Given a rod of length $n$ inches and a table of prices $p_i$ for $i = 1, 2, \ldots, n$, determine the maximum revenue $r_n$ obtainable by cutting up the rod and selling the pieces.

There are $2^{n-1}$ ways to cut up a length $n$ rod. So enumerating all possibilities is not a good idea.

$2^{n-1}$ 实际上是上界，这个问题实际上更复杂一点，参见整数分拆

Optimal structure property: $r_n = \max\limits_{1 \le i \le n}(p_i + r_{n-i})$.

The greedy choice property(Always cut at most profitable position $\max \dfrac{p_i}{i}$) doesn't hold. For example $n = 3, p_1 = 1, p_2 = 7, p_3 = 9$, the optimal solution is not to cut.

A simple recursive algorithm:

CutRodRec(prices, n):
if n = 0
    return 0
r := -INF
for i := 1 to n
    r := max(r, prices[i] + CutRodRec(prices, n - i))
return r

This algorithm actually enumerates all $2^{n-1}$ possibilities:

For each subproblem, only need to solve it once. Each node denotes a subproblem of certain size. Some subproblems appear multiple times:

CutRodRecMem(prices, n):
for i := 0 to n
    r[i] := -INF
return CutRodRecMemAux(prices, r, n)

CutRodRecMemAux(prices, r, n):
if r[n] >= 0
    return r[n]
if n = 0
    q := 0
else
    q := -INF
    for i := 1 to n
        q := max(q, prices[i] + CutRodRecMemAux(prices, r, n - i))
r[n] := q
return q

Runtime: Each subproblem is solved once.

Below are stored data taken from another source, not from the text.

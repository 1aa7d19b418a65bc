// What the values of four patient items cannot reach: specs/Privacy.antt. There is no code.
#![tactic(auto)]
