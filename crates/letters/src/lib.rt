// A round's set of letters: bit l of the word is letter l. What it is refused for, and how it is made from masks.
#![tactic(auto)]

ghost use Rattle.std.specs.Prelude.{◌≡◌, ◌&&◌, ℕ, ◌%◌, ◌^◌, ◌<◌, ◌≤◌, ltb};
ghost use Rattle.words.specs.Bits.{bit};
ghost use Rattle.letters.specs.Masks.{bad_masks};
ghost use Rattle.letters.specs.Matching.{agrees, matches};
ghost use Rattle.letters.specs.Sets.{bad_set, MasksCall};

use outcomes::Refusal;

// Rule 11 for masks: a known bit beyond m, or a value bit that isn't known.
fn bad_masks(m: u8, known: u8, value: u8) -> bool
    requires { m ≤ 6 }
    ensures { result ≡ bad_masks m known value }
{
    let size: u8 = 1 << m;
    if known < size {
        return value & known != value;
    }
    true
}

// The letters that agree with the masks in input i, out of a set.
fn narrowed(set: u64, known: u8, value: u8, i: usize) -> u64
    requires { i < 6 }
    ensures { (l : ℕ) → l < 64 → bit l result ≡ (bit l set && agrees known value i l) }
{
    if words::has_bit(known as u64, i) {
        let want = words::has_bit(value as u64, i);
        return set & words::agree(words::stream_word(i, 0), want);
    }
    set
}

// The letters of m inputs that match the masks.
fn letters_of(m: u8, known: u8, value: u8) -> u64
    requires { m ≤ 6 }
    ensures { (l : ℕ) → l < 64 → bit l result ≡ (ltb l (2 ^ m) && matches known value 6 l) }
{
    let size: usize = 1 << m;
    let mut set = words::lanes_below(size, 0);
    for i in 0..6 {
        set = narrowed(set, known, value, i);
    }
    set
}

// The set of the letters of m inputs that agree with the masks.
pub fn from_masks(m: u8, known: u8, value: u8) -> Result<u64, Refusal>
    ensures { MasksCall m known value result }
{
    if m == 0 || 6 < m {
        return Err(Refusal::Counts);
    }
    if bad_masks(m, known, value) {
        return Err(Refusal::Letter);
    }
    Ok(letters_of(m, known, value))
}

// Rule 21: a set that is empty, or has a letter beyond m inputs. Six inputs have a letter for every bit.
pub fn bad_set(m: u8, set: u64) -> bool
    requires { m ≤ 6 }
    ensures { result ≡ bad_set m set }
{
    if set == 0 {
        return true;
    }
    if m == 6 {
        return false;
    }
    let letters: u8 = 1 << m;
    set >> letters != 0
}

// The letters of m inputs that are in a set, repeated in all lanes: lane l has the letter of l's first m bits. A product with a number whose
// bits are 2^m apart puts the part of 2^m lanes next to itself.
pub fn repeated(set: u64, m: usize) -> u64
    requires { (1 ≤ m) × (m ≤ 6) }
    ensures { (l : ℕ) → l < 64 → bit l result ≡ bit (l % 2 ^ m) set }
{
    match m {
        1 => (set & 0x3) * 0x5555_5555_5555_5555,
        2 => (set & 0xf) * 0x1111_1111_1111_1111,
        3 => (set & 0xff) * 0x0101_0101_0101_0101,
        4 => (set & 0xffff) * 0x0001_0001_0001_0001,
        5 => (set & 0xffff_ffff) * 0x0000_0001_0000_0001,
        _ => set,
    }
}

Solving size $i$ problem itself without subproblems needs $\Theta(i)$ time. Thus total runtime is $\Theta(1 + \dots + n) = \Theta(n^2)$.

The result of subproblem 4 is unknown if subproblems 0, …, 3 is not finished. Therefore, these relationship can be represented as a DAG:

Then, we can use DFS to get the topological order of the DAG, and solve the subproblems in this order:

CutRodIter(prices, n):
r[0] := 0
for i := 1 to n
    q := -INF
    for j := 1 to i
        q := max(q, prices[j] + r[i - j])
    r[i] := q
return r[n]

Runtime is still $\Theta(n^2)$.

This outputs the optimal revenue without the actual cutting plan. To get the cutting plan, we can store the cut position for each subproblem:

CutRodIter(prices, n):
r[0] := 0
for i := 1 to n
    q := -INF
    for j := 1 to i
        if q < prices[j] + r[i - j]
            q := prices[j] + r[i - j]
            cuts[i] := j
    r[i] := q
return r[n]

PrintOpt(cuts, n):
while n > 0
    Print cuts[n]
    n := n - cuts[n]

Dynamic Programming(DP) Concept

An optimal problem:

• Build optimal solution step by step.
• Problem has optimal substructure property.
  • We can design a recursive algorithm.
• Problem has lots of overlapping subproblems.
  • Recursion and memorize solutions. (Top-Down)
  • Or, consider subproblems in the right order. (Bottom-Up)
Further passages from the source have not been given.